Le décès prématuré de ce père dont il espérait suivre les traces le marqua profondément. Il n’avait alors que 12 ans. L’indignation résignée que lui inspirait le lot commun de l’humanité culmina sur le plan littéraire avec ce livre qu’il fit paraître en 1909.

Son livre décrit diverses visions de la mort, en commençant par le récit réaliste d’une autopsie dans les années mille neuf cent. Un voyage dans l’histoire de la médecine légale. Avec moult détails, aussi bien la réalité, que les cauchemars engendrés par cette aventure.

Que dire du récit de cet homme dont le métier est à partir des cadavres de confectionner les squelettes servant aux étudiants de médecine ? On ne peut être plus étonné que de la façon de procéder, Ganche sait décrire les scènes, les rendre pesantes, jouer sur la mort, son attrait, son tabou, sa peur. Maître dans l’art du détail, il nous donne les aspects les plus anodins de la Camarde, comme les plus repoussants.

On y découvre aussi une ballade dans les pompes funèbres du début du vingtième siècle. Comme toute profession, on se rend compte de son évolution, on y voit aussi que la peur, l’appréhension de travailler avec les morts, les idées reçues ont toujours existé, et qu’elles perdurent…

On se rend compte au fils de la lecture, que Ganche a créé des personnages sortis tout droit de son imagination, ou bien il a amplifié les défauts, le charisme, ciselé le caractère, il a arrangé l’histoire à sa façon. En revanche, les décors, les professions sont bien réels, cela se déroulait ainsi.

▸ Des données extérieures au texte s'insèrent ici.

// What no clause says: that links in memory are dialled, followed and given back to the end.
use std::alloc::Global;
use std::test::Fail;
use ty_base::{Came, MemDoor, MemLink, MemSink, Piece, Text};
use ty_client::StreamFault;
use ty_dial::{DialFault, follow_door};

// A server hello, a status and crumb 3.
const DOWN: &[u8] =
    b"\x00\x00\x00 {\"m\":\"server_hello\",\"version\":1}\x00\x00\x00 {\"m\":\"status\",\"status\":\"resync\"}\x00\x00\x00\x13{\"m\":\"crumb\",\"n\":3}";

const UP: &[u8] = b"\x00\x00\x00,{\"host\":\"n1\",\"m\":\"client_hello\",\"version\":1}";

const TEXT: &[u8] = b"at 3 resync 0\n";

// One that brings these bytes, and of which the calls with these numbers fail.
fn link(alloc: Global, bytes: &[u8], fails: Vec<u64>) -> Result<Came<MemLink>, Fail> {
    let mut coming = Vec::new(alloc);
    coming.push(Piece::Bytes(bytes.to_vec(alloc)?))?;
    Ok(Came::Link(MemLink::new(alloc, coming, 100, fails)?))
}

// A link that brings all, one that is cut, one that fails, one with a fault, or none yet.
fn came(alloc: Global, kind: u8) -> Result<Came<MemLink>, Fail> {
    let mut fails = Vec::new(alloc);
    match kind {
        b'a' => link(alloc, DOWN, fails),
        b'c' => link(alloc, &DOWN[..DOWN.len() - 1], fails),
        b'f' => {
            fails.push(2)?;
            link(alloc, DOWN, fails)
        }
        b's' => link(alloc, &DOWN[36..], fails),
        _ => Ok(Came::Quiet),
    }
}

// The numbers of calls that fail: this one, and none at 0.
fn fails(alloc: Global, number: u64) -> Result<Vec<u64>, Fail> {
    let mut fails = Vec::new(alloc);
    fails.push(number)?;
    Ok(fails)
}

// What comes to the dialler, the number of its accept and of the sink's give that fail, and the tries; the answer, how
// many texts were written, and how many links came back.
#[test]
fn links_are_dialled_until_the_tries_end(rt: HostRuntime) -> Result<(), Fail> {
    let alloc = rt.alloc();
    let host = Text::of(alloc, "n1")?;
    let cases: [(&str, u64, u64, u64, Result<(), DialFault>, usize, usize); 14] = [
        ("", 0, 0, 3, Ok(()), 0, 0),
        ("a", 0, 0, 0, Ok(()), 0, 0),
        ("a", 0, 0, 1, Ok(()), 1, 1),
        ("aaa", 0, 0, 2, Ok(()), 2, 2),
        ("qaqqa", 0, 0, 9, Ok(()), 2, 2),
        ("c", 0, 0, 1, Err(DialFault::Cut { left: 22 }), 0, 1),
        ("ca", 0, 0, 2, Ok(()), 1, 2),
        ("af", 0, 0, 2, Err(DialFault::Link), 1, 2),
        ("fa", 0, 0, 2, Ok(()), 1, 2),
        ("fc", 0, 0, 9, Err(DialFault::Cut { left: 22 }), 0, 2),
        (
            "asa",
            0,
            0,
            9,
            Err(DialFault::Stream(StreamFault::Order { frame: 1 })),
            1,
            2,
        ),
        ("aa", 2, 0, 9, Err(DialFault::Door), 1, 1),
        ("a", 1, 0, 9, Err(DialFault::Door), 0, 0),
        ("aaa", 0, 2, 9, Err(DialFault::Write), 1, 2),
    ];
    for (kinds, door_fails, sink_fails, tries, wanted, texts, returned) in cases {
        let mut coming = Vec::new(alloc);
        for kind in kinds.as_bytes() {
            coming.push(came(alloc, *kind)?)?;
        }
        let mut door = MemDoor::new(alloc, coming, fails(alloc, door_fails)?)?;
        let mut sink = MemSink::new(alloc, 100, fails(alloc, sink_fails)?)?;
        let answer = follow_door(&rt, alloc, &host, tries, false, &mut door, &mut sink);
        assert_eq!(rt; answer, wanted);
        assert_eq!(rt; sink.given().len(), texts.wrapping_mul(TEXT.len()));
        assert_eq!(rt; door.returned().len(), returned);
        for link in door.returned() {
            assert_eq!(rt; link.given(), UP);
        }
    }
    Ok(())
}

Ce ne sont pas les personnages qui sont les plus importants, mais la reconstitution d’une vision de la mort à une époque lointaine, c’est l’atmosphère qui vous entraîne tout au long de votre lecture.

Édouard Ganche a dû arrêter ses études de médecine suite à des problèmes de santé. Il se consacra alors pleinement à sa seconde passion, la musique classique, et c’est dans ce domaine qu’il est le plus connu, puisqu’il est officiellement le biographe et musicographe de Frédéric Chopin.

Quelque temps avant de décéder, Édouard Ganche révisa et compléta ce livre, il ambitionnait de le rééditer, dans une version corrigée et enrichie. Celle qu’il appelait « la triomphatrice éternelle » ne lui en laissa pas le temps. Il aura fallu soixante-sept ans pour que son vœu se réalise.

Extrait :

« Prodigieux caravansérails de l’humanité, sépulcrales et noires hôtelleries où logent tous les morts, où logeront tous les hommes, capharnaüms de tous les âges, gisements de toutes les douleurs, bûchers de nos chimères, charniers parés d’illusoires oripeaux, innombrables gouffres où l’on précipite l’interminable cohorte des morts, les cimetières sont embusqués partout. Cimetières des métropoles, vastes et opulentes, extraordinaires et souterraines villes défoncées de petites caves bourrées de cadavres.
L’orgueil du riche lui commande l’inhumation aux nécropoles somptueuses. Vivant, il appréhende de pourrir avec la plèbe, et s’il n’a jamais songé à sa mort, ce ne fut que dans la pensée indicatrice de son tombeau… »

Il a noté la couverture, très « attirante », elle représente le transi de René de Chalons (sculpture de Ligier Richier visible dans l’église Saint-Étienne de Bar-le-Duc), l’un des plus beaux Mémento Mori du XVIe siècle.